(Stored data entries)

%%

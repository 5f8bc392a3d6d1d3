//! Campaigns of a method with two calls, each of whose callees calls another.
use crate::reports::{HEADER, NO_REDUCTION_HEADER};
use crate::running::{Case, ends_so};
use crate::texts::{FAULTS, NO_REDUCTION, TEST};
use std::test::Fail;

pub(crate) const FRONT: &[u8] = br#"
service front {
  method go() -> int {
    let x = 0;
    let y = 0;
    call x = b.get() on any { x = 0; }
    call y = c.get() on any { y = 0; }
    return x + y;
  }
}
service b { method get() -> int { let v = 0; call v = d.get(); return v; } }
service c { method get() -> int { let v = 0; call v = e.get(); return v; } }
service d { method get() -> int { return 1; } }
service e { method get() -> int { return 1; } }
"#;

pub(crate) const FRONT_TEST: &[u8] =
    b"test both { let r = 0; call r = front.go(); assert r == 2 or injected; }";

pub(crate) const FRONT_FAULTS: &[u8] = br#"
[[fault]]
callee = "b"
codes = ["timeout"]
[[fault]]
callee = "c"
codes = ["timeout"]
[[fault]]
callee = "d"
codes = ["timeout"]
[[fault]]
callee = "e"
codes = ["timeout"]
"#;

const FRONT_COMPLETED: &str = "completed plans 9 run 6 pruned 3 failed 0 invs 10\n";

/// The invocations and the plan without a fault.
pub(crate) const FRONT_FIRST: &str =
    r#"{"args":[],"calls":[{"args":[],"callee":"b.get","count":1,"reply":{"ok":1},"site":1},{"args":[],"callee":"c.get","count":1,"reply":{"ok":1},"site":2}],"id":0,"kind":"inv","method":"front.go","plan":0,"reply":{"ok":2},"steps":5}
{"args":[],"calls":[{"args":[],"callee":"d.get","count":1,"reply":{"ok":1},"site":1}],"id":1,"kind":"inv","method":"b.get","plan":0,"reply":{"ok":1},"steps":3}
{"args":[],"calls":[],"id":2,"kind":"inv","method":"d.get","plan":0,"reply":{"ok":1},"steps":1}
{"args":[],"calls":[{"args":[],"callee":"e.get","count":1,"reply":{"ok":1},"site":1}],"id":3,"kind":"inv","method":"c.get","plan":0,"reply":{"ok":1},"steps":3}
{"args":[],"calls":[],"id":4,"kind":"inv","method":"e.get","plan":0,"reply":{"ok":1},"steps":1}
{"code":null,"id":0,"index":null,"kind":"plan","outcome":"passed","parent":null,"run":true,"uses":[0,1,2,3,4]}
"#;

/// The plans with a fault of b, of d, of c and of e, and the invocations that they bring.
pub(crate) const FRONT_ONE_FAULT: &str =
    r#"{"args":[],"calls":[{"args":[],"callee":"b.get","count":1,"reply":{"err":"timeout"},"site":1},{"args":[],"callee":"c.get","count":1,"reply":{"ok":1},"site":2}],"id":5,"kind":"inv","method":"front.go","plan":1,"reply":{"ok":1},"steps":6}
{"code":"timeout","id":1,"index":"1.1/1.1","kind":"plan","outcome":"passed","parent":0,"run":true,"uses":[5,3,4]}
{"args":[],"calls":[{"args":[],"callee":"d.get","count":1,"reply":{"err":"timeout"},"site":1}],"id":6,"kind":"inv","method":"b.get","plan":2,"reply":{"err":"timeout"},"steps":2}
{"code":"timeout","id":2,"index":"1.1/1.1/1.1","kind":"plan","outcome":"passed","parent":0,"run":true,"uses":[5,6,3,4]}
{"args":[],"calls":[{"args":[],"callee":"b.get","count":1,"reply":{"ok":1},"site":1},{"args":[],"callee":"c.get","count":1,"reply":{"err":"timeout"},"site":2}],"id":7,"kind":"inv","method":"front.go","plan":3,"reply":{"ok":1},"steps":6}
{"code":"timeout","id":3,"index":"1.1/2.1","kind":"plan","outcome":"passed","parent":0,"run":true,"uses":[7,1,2]}
{"args":[],"calls":[{"args":[],"callee":"e.get","count":1,"reply":{"err":"timeout"},"site":1}],"id":8,"kind":"inv","method":"c.get","plan":4,"reply":{"err":"timeout"},"steps":2}
{"code":"timeout","id":4,"index":"1.1/2.1/1.1","kind":"plan","outcome":"passed","parent":0,"run":true,"uses":[7,1,2,8]}
"#;

pub(crate) const FRONT_BOTH: &str =
    r#"{"args":[],"calls":[{"args":[],"callee":"b.get","count":1,"reply":{"err":"timeout"},"site":1},{"args":[],"callee":"c.get","count":1,"reply":{"err":"timeout"},"site":2}],"id":9,"kind":"inv","method":"front.go","plan":5,"reply":{"ok":0},"steps":7}
{"code":"timeout","id":5,"index":"1.1/2.1","kind":"plan","outcome":"passed","parent":1,"run":true,"uses":[9]}
"#;

pub(crate) const FRONT_PRUNED: &str =
    r#"{"code":"timeout","id":6,"index":"1.1/2.1/1.1","kind":"plan","outcome":"passed","parent":1,"run":false,"uses":[9,8]}
{"code":"timeout","id":7,"index":"1.1/2.1","kind":"plan","outcome":"passed","parent":2,"run":false,"uses":[9,6]}
{"code":"timeout","id":8,"index":"1.1/2.1/1.1","kind":"plan","outcome":"passed","parent":2,"run":false,"uses":[9,6,8]}
{"cause":"completed","failed":0,"invs":10,"kind":"end","plans":9,"pruned":3,"run":6,"stopped":null}
"#;

/// The last plans without reduction.
pub(crate) const FRONT_RUN: &str =
    r#"{"code":"timeout","id":6,"index":"1.1/2.1/1.1","kind":"plan","outcome":"passed","parent":1,"run":true,"uses":[9,8]}
{"code":"timeout","id":7,"index":"1.1/2.1","kind":"plan","outcome":"passed","parent":2,"run":true,"uses":[9,6]}
{"code":"timeout","id":8,"index":"1.1/2.1/1.1","kind":"plan","outcome":"passed","parent":2,"run":true,"uses":[9,6,8]}
{"cause":"completed","failed":0,"invs":10,"kind":"end","plans":9,"pruned":0,"run":9,"stopped":null}
"#;

/// Of nine plans six bring something new.
const FRONTS: &[Case] = &[
    Case {
        words: &[TEST, FAULTS],
        sources: &[FRONT, FRONT_TEST, FRONT_FAULTS],
        code: 0,
        text: FRONT_COMPLETED,
        report: &[
            HEADER,
            FRONT_FIRST,
            FRONT_ONE_FAULT,
            FRONT_BOTH,
            FRONT_PRUNED,
        ],
    },
    Case {
        words: &[TEST, FAULTS, NO_REDUCTION],
        sources: &[FRONT, FRONT_TEST, FRONT_FAULTS],
        code: 0,
        text: "completed plans 9 run 9 pruned 0 failed 0 invs 10\n",
        report: &[
            NO_REDUCTION_HEADER,
            FRONT_FIRST,
            FRONT_ONE_FAULT,
            FRONT_BOTH,
            FRONT_RUN,
        ],
    },
    Case {
        words: &[TEST, FAULTS, &["--budget=5"]],
        sources: &[FRONT, FRONT_TEST, FRONT_FAULTS],
        code: 7,
        text: "budget spent at 1.1/1.1=timeout,1.1/2.1=timeout\n",
        report: &[
            HEADER,
            FRONT_FIRST,
            FRONT_ONE_FAULT,
            r#"{"cause":"budget","failed":0,"invs":9,"kind":"end","plans":5,"pruned":0,"run":5,"stopped":"1.1/1.1=timeout,1.1/2.1=timeout"}
"#,
        ],
    },
    Case {
        words: &[TEST, FAULTS, NO_REDUCTION, &["--budget=5"]],
        sources: &[FRONT, FRONT_TEST, FRONT_FAULTS],
        code: 7,
        text: "budget spent at 1.1/1.1=timeout,1.1/2.1=timeout\n",
        report: &[
            NO_REDUCTION_HEADER,
            FRONT_FIRST,
            FRONT_ONE_FAULT,
            r#"{"cause":"budget","failed":0,"invs":9,"kind":"end","plans":5,"pruned":0,"run":5,"stopped":"1.1/1.1=timeout,1.1/2.1=timeout"}
"#,
        ],
    },
    // As many runs as the campaign takes.
    Case {
        words: &[TEST, FAULTS, &["--budget=6"]],
        sources: &[FRONT, FRONT_TEST, FRONT_FAULTS],
        code: 0,
        text: FRONT_COMPLETED,
        report: &[
            HEADER,
            FRONT_FIRST,
            FRONT_ONE_FAULT,
            FRONT_BOTH,
            FRONT_PRUNED,
        ],
    },
    Case {
        words: &[TEST, FAULTS, NO_REDUCTION, &["--budget=6"]],
        sources: &[FRONT, FRONT_TEST, FRONT_FAULTS],
        code: 7,
        text: "budget spent at 1.1/1.1=timeout,1.1/2.1/1.1=timeout\n",
        report: &[
            NO_REDUCTION_HEADER,
            FRONT_FIRST,
            FRONT_ONE_FAULT,
            FRONT_BOTH,
            r#"{"cause":"budget","failed":0,"invs":10,"kind":"end","plans":6,"pruned":0,"run":6,"stopped":"1.1/1.1=timeout,1.1/2.1/1.1=timeout"}
"#,
        ],
    },
    Case {
        words: &[TEST, FAULTS, &["--budget=0"]],
        sources: &[FRONT, FRONT_TEST, FRONT_FAULTS],
        code: 7,
        text: "budget spent at none\n",
        report: &[
            HEADER,
            r#"{"cause":"budget","failed":0,"invs":0,"kind":"end","plans":0,"pruned":0,"run":0,"stopped":"none"}
"#,
        ],
    },
    Case {
        words: &[TEST, FAULTS, &["--budget=1"]],
        sources: &[FRONT, FRONT_TEST, FRONT_FAULTS],
        code: 7,
        text: "budget spent at 1.1/1.1=timeout\n",
        report: &[
            HEADER,
            FRONT_FIRST,
            r#"{"cause":"budget","failed":0,"invs":5,"kind":"end","plans":1,"pruned":0,"run":1,"stopped":"1.1/1.1=timeout"}
"#,
        ],
    },
    // A plan is pruned, and fails.
    Case {
        words: &[TEST, FAULTS],
        sources: &[
            FRONT,
            b"test both { let r = 0; call r = front.go(); assert r == 2 or injected_on d; }",
            FRONT_FAULTS,
        ],
        code: 1,
        text: "completed plans 9 run 6 pruned 3 failed 5 invs 10\nfirst failed plan 1\n",
        report: &[
            HEADER,
            FRONT_FIRST,
            r#"{"args":[],"calls":[{"args":[],"callee":"b.get","count":1,"reply":{"err":"timeout"},"site":1},{"args":[],"callee":"c.get","count":1,"reply":{"ok":1},"site":2}],"id":5,"kind":"inv","method":"front.go","plan":1,"reply":{"ok":1},"steps":6}
{"code":"timeout","id":1,"index":"1.1/1.1","kind":"plan","outcome":"assert_failed 1","parent":0,"run":true,"uses":[5,3,4]}
{"args":[],"calls":[{"args":[],"callee":"d.get","count":1,"reply":{"err":"timeout"},"site":1}],"id":6,"kind":"inv","method":"b.get","plan":2,"reply":{"err":"timeout"},"steps":2}
{"code":"timeout","id":2,"index":"1.1/1.1/1.1","kind":"plan","outcome":"passed","parent":0,"run":true,"uses":[5,6,3,4]}
{"args":[],"calls":[{"args":[],"callee":"b.get","count":1,"reply":{"ok":1},"site":1},{"args":[],"callee":"c.get","count":1,"reply":{"err":"timeout"},"site":2}],"id":7,"kind":"inv","method":"front.go","plan":3,"reply":{"ok":1},"steps":6}
{"code":"timeout","id":3,"index":"1.1/2.1","kind":"plan","outcome":"assert_failed 1","parent":0,"run":true,"uses":[7,1,2]}
{"args":[],"calls":[{"args":[],"callee":"e.get","count":1,"reply":{"err":"timeout"},"site":1}],"id":8,"kind":"inv","method":"c.get","plan":4,"reply":{"err":"timeout"},"steps":2}
{"code":"timeout","id":4,"index":"1.1/2.1/1.1","kind":"plan","outcome":"assert_failed 1","parent":0,"run":true,"uses":[7,1,2,8]}
{"args":[],"calls":[{"args":[],"callee":"b.get","count":1,"reply":{"err":"timeout"},"site":1},{"args":[],"callee":"c.get","count":1,"reply":{"err":"timeout"},"site":2}],"id":9,"kind":"inv","method":"front.go","plan":5,"reply":{"ok":0},"steps":7}
{"code":"timeout","id":5,"index":"1.1/2.1","kind":"plan","outcome":"assert_failed 1","parent":1,"run":true,"uses":[9]}
{"code":"timeout","id":6,"index":"1.1/2.1/1.1","kind":"plan","outcome":"assert_failed 1","parent":1,"run":false,"uses":[9,8]}
{"code":"timeout","id":7,"index":"1.1/2.1","kind":"plan","outcome":"passed","parent":2,"run":false,"uses":[9,6]}
{"code":"timeout","id":8,"index":"1.1/2.1/1.1","kind":"plan","outcome":"passed","parent":2,"run":false,"uses":[9,6,8]}
{"cause":"completed","failed":5,"invs":10,"kind":"end","plans":9,"pruned":3,"run":6,"stopped":null}
"#,
        ],
    },
];

#[test]
fn campaigns_of_nine_plans_end_so(rt: HostRuntime) -> Result<(), Fail> {
    for case in FRONTS {
        assert!(rt; ends_so(rt.alloc(), case)?, "{}", case.text);
    }
    Ok(())
}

%%

**Exercise details**
Counting the line that contains "fn campaigns_of_nine_plans_end_so(rt: HostRuntime)" as the first, copy exactly every line through the end of the records, and nothing else.

**Written answer**
fn campaigns_of_nine_plans_end_so(rt: HostRuntime) -> Result<(), Fail> {
    for case in FRONTS {
        assert!(rt; ends_so(rt.alloc(), case)?, "{}", case.text);
    }
    Ok(())
}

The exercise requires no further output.